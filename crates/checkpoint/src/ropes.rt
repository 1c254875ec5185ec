//! The ropes and the rows in a base.

ghost use Rattle.std.specs.Prelude.{◌≡◌, ◌≤◌, ◌++◌, ◌∷◌, [], map, true, OnOk, IfOk, IfSome};
ghost use Rattle.voice_model.specs.Spelling.{spelling, keeps_grammar};
ghost use Rattle.voice_model.specs.Base.{row_change};
ghost use Rattle.voice_model.specs.Valid.{Every};
ghost use Rattle.rope_table.specs.Table.{rope_of};
ghost use Rattle.checkpoint.specs.Blocks.{kept_change, parts_change};

use crate::putting::put_change;
use interest_table::InterestTable;
use rope_algebra::Pieces;
use rope_table::RopeTable;
use std::alloc::Global;
use voice_journal::Payloads;
use voice_model::{Change, PieceList, Row};
use voice_units::{Moment, NoMemory, RopeId};

/// The list of a rope's pieces.
fn list_of(alloc: Global, pieces: &Pieces) -> Result<PieceList, NoMemory>
    ensures { IfOk result (λ list. list ≡ pieces.now) }
{
    let mut list = Vec::with_capacity(alloc, pieces.count() as usize)?;
    for k in 0..pieces.count() {
        let Some(piece) = pieces.piece(k) else {
            return Ok(PieceList::of(list));
        };
        list.push(piece)?;
    }
    Ok(PieceList::of(list))
}

/// Puts the rope of these parts.
fn put_parts(
    alloc: Global,
    form: u8,
    id: RopeId,
    idle: Moment,
    last: u8,
    pieces: &Pieces,
    payloads: &mut Payloads,
) -> Result<(), NoMemory>
    requires { keeps_grammar (parts_change form id idle last pieces.now) ≡ true }
    ensures { OnOk result (payloads.new ≡ payloads.old ++ spelling (parts_change form id idle last pieces.now) ∷ []) }
{
    let list = list_of(alloc, pieces)?;
    let change = if form == 2 {
        Change::Rope2(id, idle, last, list)
    } else {
        Change::Rope(id, idle, list)
    };
    put_change(alloc, &change, payloads)
}

/// Puts a live rope.
fn put_rope(
    alloc: Global,
    form: u8,
    table: &RopeTable,
    id: RopeId,
    payloads: &mut Payloads,
) -> Result<(), NoMemory>
    requires { IfSome (rope_of table.now.ropes id) (λ rope. keeps_grammar (kept_change form rope) ≡ true) }
    ensures { IfSome (rope_of table.now.ropes id) (λ rope. OnOk result (payloads.new ≡ payloads.old ++ spelling (kept_change form rope) ∷ [])) }
{
    let Some(pieces) = table.get(id) else {
        return Ok(());
    };
    let Some(idle) = table.idle(id) else {
        return Ok(());
    };
    let Some(last) = table.last(id) else {
        return Ok(());
    };
    put_parts(alloc, form, id, idle, last, pieces, payloads)
}

/// Puts the live ropes in rising number.
pub(crate) fn put_ropes(
    alloc: Global,
    form: u8,
    table: &RopeTable,
    payloads: &mut Payloads,
) -> Result<(), NoMemory>
    requires some { Every (λ rope. 1 ≤ rope.id) table.now.ropes }
    requires grammar { Every (λ change. keeps_grammar change ≡ true) (map (kept_change form) table.now.ropes) }
    ensures { OnOk result (payloads.new ≡ payloads.old ++ map spelling (map (kept_change form) table.now.ropes)) }
{
    let _block = table.block();
    let mut last = 0;
    while let Some(id) = table.after(last) {
        put_rope(alloc, form, table, id, payloads)?;
        last = id.number();
    }
    Ok(())
}

/// Puts a row.
fn put_row(alloc: Global, row: &Row, payloads: &mut Payloads) -> Result<(), NoMemory>
    requires { keeps_grammar (row_change row.now) ≡ true }
    ensures { OnOk result (payloads.new ≡ payloads.old ++ spelling (row_change row.now) ∷ []) }
{
    let change = Change::Retained(row.class, row.key, row.rope, row.note);
    put_change(alloc, &change, payloads)
}

/// Puts the rows in order of making.
pub(crate) fn put_rows(
    alloc: Global,
    interests: &InterestTable,
    payloads: &mut Payloads,
) -> Result<(), NoMemory>
    requires { Every (λ change. keeps_grammar change ≡ true) (map row_change interests.now.rows) }
    ensures { OnOk result (payloads.new ≡ payloads.old ++ map spelling (map row_change interests.now.rows)) }
{
    for k in 0..=u32::MAX {
        let Some(row) = interests.row(k) else {
            return Ok(());
        };
        put_row(alloc, row, payloads)?;
    }
    // a table has at most 2^32 - 1 rows
    Err(NoMemory)
}
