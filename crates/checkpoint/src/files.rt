//! The blocks of voice files in a base.

ghost use Rattle.std.specs.Prelude.{◌≡◌, ◌≤◌, ◌++◌, ◌∷◌, [], List, map, length, true, OnOk, IfOk};
ghost use Rattle.voice_model.specs.Spelling.{spelling, keeps_grammar};
ghost use Rattle.voice_model.specs.Replay.{Placed};
ghost use Rattle.voice_model.specs.Valid.{Every};
ghost use Rattle.voice_model.specs.Base.{by_file, file_change};
ghost use Rattle.checkpoint.specs.Blocks.{IsHeld, place_of_block, pair_of_block, file_of, names_of, run_in};

use crate::blocks::BlockName;
use crate::putting::put_change;
use std::alloc::Global;
use voice_blocks::{BlockMap, Owner};
use voice_journal::Payloads;
use voice_model::{Change, Pair, PairList};
use voice_units::{NoMemory, RopeId};

/// A block of a voice file and its address.
#[derive(Clone, Copy, Debug, PartialEq, Eq)]
pub(crate) struct PlacedBlock {
    pub file: RopeId,
    pub index: u32,
    pub address: u32,
}

/// The blocks with their addresses, in the same order. Each of them has one.
pub(crate) fn placed_blocks(
    alloc: Global,
    names: &[BlockName],
    blocks: &BlockMap,
) -> Result<Vec<PlacedBlock>, NoMemory>
    ensures { (places : List Placed) → Every (IsHeld blocks.now.holders) places → names.now ≡ names_of places → IfOk result (λ placed. map place_of_block placed.items ≡ places) }
{
    let mut placed = Vec::with_capacity(alloc, names.len())?;
    for name in names {
        let Some(address) = blocks.address(Owner::File(name.file), name.index) else {
            return Ok(placed);
        };
        placed.push(PlacedBlock {
            file: name.file,
            index: name.index,
            address,
        })?;
    }
    Ok(placed)
}

/// How many blocks in front are of this file.
fn run_length(file: RopeId, placed: &[PlacedBlock]) -> usize
    ensures within { result ≤ length placed.now }
    ensures value { result ≡ run_in file placed.now }
{
    for (count, block) in placed.iter().enumerate() {
        if block.file.number() != file.number() {
            return count;
        }
    }
    placed.len()
}

/// The indices and addresses of blocks.
fn pairs_of(alloc: Global, placed: &[PlacedBlock]) -> Result<PairList, NoMemory>
    ensures { IfOk result (λ pairs. pairs ≡ map pair_of_block placed.now) }
{
    let mut pairs = Vec::with_capacity(alloc, placed.len())?;
    for block in placed {
        pairs.push(Pair {
            index: block.index,
            address: block.address,
        })?;
    }
    Ok(PairList::of(pairs))
}

/// Puts the blocks of one file.
fn put_file(
    alloc: Global,
    form: u8,
    file: RopeId,
    placed: &[PlacedBlock],
    payloads: &mut Payloads,
) -> Result<(), NoMemory>
    requires { keeps_grammar (file_change form (file_of file placed.now)) ≡ true }
    ensures { OnOk result (payloads.new ≡ payloads.old ++ spelling (file_change form (file_of file placed.now)) ∷ []) }
{
    let pairs = pairs_of(alloc, placed)?;
    let change = if form == 2 {
        Change::File2(file, pairs)
    } else {
        Change::File(file, pairs)
    };
    put_change(alloc, &change, payloads)
}

/// Puts the blocks file by file.
pub(crate) fn put_files(
    alloc: Global,
    form: u8,
    placed: &[PlacedBlock],
    payloads: &mut Payloads,
) -> Result<(), NoMemory>
    requires { Every (λ change. keeps_grammar change ≡ true) (map (file_change form) (by_file (map place_of_block placed.now))) }
    ensures { OnOk result (payloads.new ≡ payloads.old ++ map spelling (map (file_change form) (by_file (map place_of_block placed.now)))) }
{
    let mut rest = placed;
    while let Some(first) = rest.first() {
        let (run, later) = rest.split_at(run_length(first.file, rest));
        put_file(alloc, form, first.file, run, payloads)?;
        rest = later;
    }
    Ok(())
}
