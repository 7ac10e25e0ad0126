ghost use Rattle.std.specs.Prelude.{◌≡◌, ◌<◌, ◌≤◌, ◌^◌, ◌-◌, length, map, IfOk, MatchResult, Ok, Err};
ghost use Rattle.std.specs.List.{AllByRecursion};
ghost use Rattle.rs_value.specs.Faults.{raised};
ghost use Rattle.rs_value.specs.Outside.{Counts};
ghost use Rattle.rs_expr.specs.Scores.{is_score};
ghost use Rattle.rs_table.specs.Relation.{most_rows};
ghost use Rattle.rs_feed.specs.Feeds.{GivesNext, given_after};
ghost use Rattle.rs_table_feed.specs.TableFeeds.{HasFeedColumns, feed_row_at, feed_rows, first_outside, most_score, new_feed, score_of, table_feed_state};

use crate::range_fault::RangeFault;
use rs_expr::score_within;
use rs_feed::{Feed, FeedFault, FeedRow};
use rs_table::{Cell, Table};
use rs_value::Memory;
use std::marker::Model;

/// The place of the texts by which rows are joined.
const JOIN: u8 = 0;

/// The place of the scores.
const SCORE: u8 = 1;

/// The greatest score of a row.
const MOST_SCORE: u32 = 4_294_967_295;

/// A feed that gives the rows of a table in their order. It never fails, and keeps nothing beside the table but two numbers.
#[derive(Drop)]
pub struct TableFeed {
    table: Table,
    draws: u64,
    given: u32,
}

impl Model for TableFeed {
    ghost use Rattle.std.specs.Prelude.{◌≡◌, ◌≤◌, length, map, None};
    ghost use Rattle.rs_table.specs.Relation.{most_rows};
    ghost use Rattle.rs_table_feed.specs.TableFeeds.{HasFeedColumns, TableFeedState, feed_row, first_outside};

    ghost Value = { TableFeedState };

    ghost view = { λ f. record { rows = map feed_row f.table.rows; draws = f.draws; given = f.given } };

    ghost invariant = { λ f. HasFeedColumns f.table.schema × (first_outside 1 f.table.rows ≡ None) × (f.given ≤ length f.table.rows)
        × (length f.table.rows ≤ most_rows) };
}

impl TableFeed {
    /// The feed of a table whose columns are a TEXT and an INT, of which nothing is drawn: its rows in their order,
    /// each with the text by which it is joined and the number as its score. It takes no memory.
    ///
    /// # Errors
    ///
    /// - `RangeFault`: exactly where a number lies outside 0 to 4,294,967,295, with the first such row.
    pub fn new(table: Table) -> Result<TableFeed, RangeFault>
        requires { HasFeedColumns table.schema }
        ensures value { MatchResult result (λ feed. feed_rows table ≡ Ok feed.rows) (λ fault. feed_rows table ≡ Err fault) }
        ensures unused { IfOk result (λ feed. feed ≡ new_feed feed.rows) }
        ensures scores { IfOk result (λ feed. AllByRecursion (λ row. row.score < 2 ^ 32) feed.rows) }
        ensures few { IfOk result (λ feed. length feed.rows ≤ most_rows) }
    {
        match outside(&table) {
            Some(fault) => Err(fault),
            None => {
                let _rows = table.len();
                Ok(TableFeed {
                    table,
                    draws: 0,
                    given: 0,
                })
            }
        }
    }

    /// How many draws were made.
    pub fn draws(&self) -> u64
        ensures { result ≡ self.now.draws }
    {
        self.draws
    }

    /// The row that is given next. There is to be one.
    fn next_row(&self) -> Result<FeedRow, Memory>
        requires { self.now.given < length self.now.rows }
        ensures { IfOk result (λ row. row ≡ feed_row_at self.now.rows self.now.given) }
    {
        let row = self.given + 1;
        let join = self.table.text(row, JOIN).copy()?;
        match score_within(number(&self.table, row) as i128, MOST_SCORE) {
            Some(score) => Ok(FeedRow { join, score }),
            None => unreachable!(),
        }
    }
}

impl Feed for TableFeed {
    ghost state = { table_feed_state };

    fn draw(&mut self) -> Result<Option<FeedRow>, FeedFault>
        ensures row { GivesNext (table_feed_state self.old).outside.told (table_feed_state self.old).given result }
        ensures told { (table_feed_state self.new).outside.told ≡ (table_feed_state self.old).outside.told }
        ensures draws { (table_feed_state self.new).draws ≡ raised (table_feed_state self.old).draws }
        ensures given { (table_feed_state self.new).given ≡ given_after result (table_feed_state self.old).given }
        ensures counts { Counts (result ≡ Err FeedFault.Failed) (table_feed_state self.old).outside (table_feed_state self.new).outside }
    {
        self.draws = self.draws.saturating_add(1);
        if self.given == self.table.len() {
            return Ok(None);
        }
        let Ok(row) = self.next_row() else {
            return Err(FeedFault::Memory);
        };
        self.given += 1;
        Ok(Some(row))
    }
}

/// The first row whose number is no score.
fn outside(table: &Table) -> Option<RangeFault>
    requires { HasFeedColumns table.now.schema }
    ensures { result ≡ first_outside 1 table.now.rows }
{
    for index in 0..table.len() {
        let row = index + 1;
        let got = number(table, row);
        if !is_score(got) {
            return Some(RangeFault { row, got });
        }
    }
    None
}

/// Whether a number is the score of a row.
fn is_score(number: i64) -> bool
    ensures { result ≡ is_score most_score number }
{
    score_within(number as i128, MOST_SCORE).is_some()
}

/// The number of a row, counted from 1.
fn number(table: &Table, row: u32) -> i64
    requires columns { HasFeedColumns table.now.schema }
    requires some_row { 1 ≤ row }
    requires within { row ≤ length table.now.rows }
    ensures { result ≡ score_of table.now.rows (row - 1) }
{
    match table.cell(row, SCORE) {
        Cell::Number(number) => number,
        Cell::Text(_) => unreachable!(),
    }
}
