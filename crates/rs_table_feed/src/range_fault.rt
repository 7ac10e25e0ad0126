/// A row whose number is no score, which is one from 0 to 4,294,967,295. Rows are counted from 1.
#[derive(Clone, Copy, Debug, PartialEq, Eq)]
pub struct RangeFault {
    pub row: u32,
    pub got: i64,
}
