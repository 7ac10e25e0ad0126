//! Runs `ranksql` and counts: `count_calls WORD..` does what `ranksql WORD..` does, and then prints on standard error how
//! many calls of the scorer were made, as `calls N`. It ends with the status of the run.
//!
//! It keeps every call in memory, so its time isn't that of `ranksql`.
#![tactic(auto)]

use rs_expr::MemScorer;
use rs_outside::{DirFiles, OutSink, Sink};
use rs_program::{command_line, exit_code, no_memory};
use rs_run::{Status, run};
use rs_value::Memory;
use std::alloc::Global;
use std::env;
use std::hash::RandomState;
use std::process::ExitCode;

fn main(rt: HostRuntime) -> ExitCode {
    let alloc = rt.alloc();
    let words = command_line(alloc, env::args(&rt));
    let mut out = OutSink::output(&rt);
    let mut err = OutSink::error(&rt);
    let Ok(hash_keys) = RandomState::new(&rt) else {
        return exit_code(no_memory(&mut err));
    };
    let mut files = DirFiles::new(rt, hash_keys);
    let mut scorer = MemScorer::new(alloc);
    let status = match words {
        Ok(words) => run(alloc, &words, &mut files, &mut scorer, &mut out, &mut err),
        Err(Memory) => Status::Memory,
    };
    let told = tell(alloc, scorer.calls().len(), &mut err);
    exit_code(if told.is_ok() { status } else { Status::Memory })
}

/// Prints how many calls were made. Where standard error can't be written, nothing can be told.
fn tell<E: Sink>(alloc: Global, calls: usize, err: &mut E) -> Result<(), Memory> {
    let line = format!(in alloc; "calls {calls}\n")?;
    let _ = err.put(line.as_bytes());
    Ok(())
}
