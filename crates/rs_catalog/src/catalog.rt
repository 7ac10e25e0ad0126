ghost use Rattle.std.specs.Prelude.{◌≡◌, ℕ, ◌<◌, ◌≤◌, ◌-◌, ◌∷◌, [], ◌+◌, ◌++◌, List as Seq, IfOk, Ok, false, true, OnErr, OnOk, length, slice_get, Some, IfSome, map, option_map};
ghost use Rattle.std.specs.List.{AllByRecursion};
ghost use Rattle.indexmap.specs.IndexMap.{index_map_len, keys, values};
ghost use Rattle.rs_table.specs.Relation.{Relation, most_rows, row_fits};
ghost use Rattle.rs_catalog.specs.After.{entry_after};
ghost use Rattle.rs_catalog.specs.Catalog.{RankIndex as Index, empty, greatest_max, has_name, most_of, names_of, place_of_name, number_named, room_for, room_in, with_predicate, with_table};
ghost use Rattle.rs_expr.specs.InOrder.{Inquires};
ghost use Rattle.rs_catalog.specs.Growing.{CanJoin, GrowsBy, growing, growing_index};
ghost use Rattle.rs_catalog.specs.Grown.{AllOrdered, AreGrown, AreOrdered, HasRoom, HaveRoom, IsGrown, OthersStay, all_renewed_kept, as_renewed, as_renewed_or_same, kept_in, renewed_at, with_rows_at};
ghost use Rattle.rs_catalog.specs.declared.catalog.RankIndex.{RankIndex as Stored};
ghost use Rattle.std.specs.Map.{values_of};
ghost use Rattle.rs_catalog.specs.Indexes.{IsIndexEntry, IsIndex, IsRanking, index_of, making, predicate_for, ranking_at, rows_for, score_in};
ghost use Rattle.rs_catalog.specs.Making.{MakesIndex};
ghost use Rattle.rs_catalog.specs.Snapshot.{sizes_in};
ghost use Rattle.rs_catalog.specs.declared.room.What.{What as Lists};
ghost use Rattle.rs_catalog.specs.declared.room.What.TheVariants as what;

use crate::after::{first_within, place_behind};
use crate::grow::grow_index;
use crate::growth::GrowFault;
use crate::index::{BoundArg, IndexDef, IndexFault};
use crate::make::rank_rows;
use crate::merge::merge_rows;
use crate::ranked::Ranked;
use crate::room::{RoomFault, What};
use indexmap::IndexMap;
use rs_expr::{Predicate, Scorer};
use rs_rank::ScoredRow;
use rs_table::Table;
use rs_value::{List, Memory, Text, Value};
use std::alloc::Global;
use std::marker::Model;

/// The most tables of a catalogue.
const MOST_TABLES: usize = 16;

/// The most predicates of a catalogue.
const MOST_PREDICATES: usize = 64;

/// The most rank indexes of a catalogue.
const MOST_INDEXES: usize = 64;

/// A rank index: what it is of, its rows, the best one first, and their scores by row.
#[derive(Drop)]
pub(crate) struct RankIndex {
    pub def: IndexDef,
    pub ranking: Vec<ScoredRow>,
    pub scores: Vec<u32>,
}
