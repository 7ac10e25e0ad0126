//! Tables as ranked feeds: a feed that gives the rows of a table in their order.
//!
//! Its promise: a table of texts and numbers is a feed exactly where each number is a score; and the feed gives its rows, one a
//! draw, and never fails.
#![tactic(auto)]

mod range_fault;
mod table_feed;

pub use range_fault::RangeFault;
pub use table_feed::TableFeed;
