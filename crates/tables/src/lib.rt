// A graph in a table of words: the mathematics. No code runs here: specs/Table says what a table means and keeps to, and
// proofs/ has the lemmas that the crate `draft` and the laws of its finished graph rest on.
#![tactic(auto)]
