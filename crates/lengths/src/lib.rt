#![tactic(auto)]

// The eleven lengths of a block.
ghost use Rattle.std.specs.Prelude.{true, ◌≡◌};
ghost use Rattle.lengths.specs.Block.{is_length};

// Whether n is one of the eleven lengths 1, 2, 4 .. 1,024. (By count_ones and not is_power_of_two: document 01 names this form.)
#[tactic(auto, using(crate::proofs::ElevenLengths::length_digit, crate::proofs::ElevenLengths::too_long))]
pub fn is_length(n: usize) -> bool
    ensures { result ≡ is_length n }
{
    n <= 1024 && n.count_ones() == 1
}

// The length of a block: a number of samples that is one of the eleven.
#[derive(Clone, Copy)]
pub struct Length {
    pub samples: usize,
    pub ghost is_length: { is_length samples ≡ true },
}

// What is told of a number that is none of the eleven.
#[derive(Clone, Copy)]
pub struct NoLength;

impl TryFrom<usize> for Length {
    type Error = NoLength;

    ghost use Rattle.lengths.specs.Lengths.{LengthOf};

    ghost try_from_gives = { LengthOf };

    fn try_from(n: usize) -> Result<Length, NoLength> {
        if is_length(n) {
            Ok(Length { samples: n })
        } else {
            Err(NoLength)
        }
    }
}
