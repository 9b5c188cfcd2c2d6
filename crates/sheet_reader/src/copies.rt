//! Copies of patterns and words.
ghost use Rattle.std.specs.Prelude.{◌≡◌, IfOk};

use lr_base::NoMemory;
use outline_data::Word;
use pattern_data::Pattern;
use sheet_data::Bytes;
use sqlite_items::{Boxed, Items};
use std::alloc::Global;

/// The bytes of a word.
pub fn copy_bytes(alloc: Global, word: &Word) -> Result<Bytes, NoMemory>
    ensures { IfOk result (λ bytes. bytes ≡ word.now.bytes) }
{
    let bytes = Vec::from_slice(alloc, word.bytes.as_slice())?;
    Ok(Bytes::from_vec(bytes))
}

/// The same pattern once more. It goes down the tree, which the reading of a pattern's text keeps low.
#[cycle(copies)]
pub fn copy_pattern(alloc: Global, pattern: &Pattern) -> Result<Pattern, NoMemory>
    ensures { IfOk result (λ copy. copy ≡ pattern.now) }
{
    match pattern {
        Pattern::Set(set) => Ok(Pattern::Set(*set)),
        Pattern::Seq(members) => Ok(Pattern::Seq(copy_members(alloc, members.as_slice())?)),
        Pattern::Alt(members) => Ok(Pattern::Alt(copy_members(alloc, members.as_slice())?)),
        Pattern::Star(inner) => Ok(Pattern::Star(copy_inner(alloc, inner.get())?)),
        Pattern::Plus(inner) => Ok(Pattern::Plus(copy_inner(alloc, inner.get())?)),
        Pattern::Opt(inner) => Ok(Pattern::Opt(copy_inner(alloc, inner.get())?)),
    }
}

#[cycle(copies)]
fn copy_members(alloc: Global, members: &[Pattern]) -> Result<Items<Pattern>, NoMemory>
    ensures { IfOk result (λ copies. copies ≡ members.now) }
{
    let mut copies = Vec::new(alloc);
    for member in members {
        copies.push(copy_pattern(alloc, member)?)?;
    }
    Ok(Items::from_vec(copies))
}

#[cycle(copies)]
fn copy_inner(alloc: Global, inner: &Pattern) -> Result<Boxed<Pattern>, NoMemory>
    ensures { IfOk result (λ copy. copy ≡ inner.now) }
{
    let copy = copy_pattern(alloc, inner)?;
    Ok(Boxed::new(alloc, copy)?)
}
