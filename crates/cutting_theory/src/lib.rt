//! Cuttings of a text's lines into segments, and the tokens of segments one after another. Definitions, a limit and laws
//! alone.
#![tactic(auto)]

mod laws;
mod limits;

pub use laws::{at_law, even_law, segment_tokens_law};
pub use limits::SEGMENTS;
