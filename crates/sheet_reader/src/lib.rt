//! Reads a grammar sheet, says what it says to a scan and to a reader, and prints it in its normal layout.
#![tactic(auto)]

mod copies;
mod parts;
mod print;
mod printer;
mod read;
mod scan_order;
mod sheet;
mod token_text;

pub use outline_data::{LimitKind, SheetFault};
pub use print::print_sheet;
pub use read::read_sheet;
pub use scan_order::ScanOrder;
pub use sheet::Sheet;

_____

The expected answer is the lines from the one containing "copy ≡ inner.now)" through the end of the material, reproduced exactly with both ends kept.

Solution for this problem
    ensures { IfOk result (λ copy. copy ≡ inner.now) }
{
    let copy = copy_pattern(alloc, inner)?;
    Ok(Boxed::new(alloc, copy)?)
}
filename crates/cutting_theory/src/lib.rt
//! Cuttings of a text's lines into segments, and the tokens of segments one after another. Definitions, a limit and laws
//! alone.
#![tactic(auto)]

mod laws;
mod limits;

pub use laws::{at_law, even_law, segment_tokens_law};
pub use limits::SEGMENTS;
filename crates/sheet_reader/src/lib.rt
//! Reads a grammar sheet, says what it says to a scan and to a reader, and prints it in its normal layout.
#![tactic(auto)]

mod copies;
mod parts;
mod print;
mod printer;
mod read;
mod scan_order;
mod sheet;
mod token_text;

pub use outline_data::{LimitKind, SheetFault};
pub use print::print_sheet;
pub use read::read_sheet;
pub use scan_order::ScanOrder;
pub use sheet::Sheet;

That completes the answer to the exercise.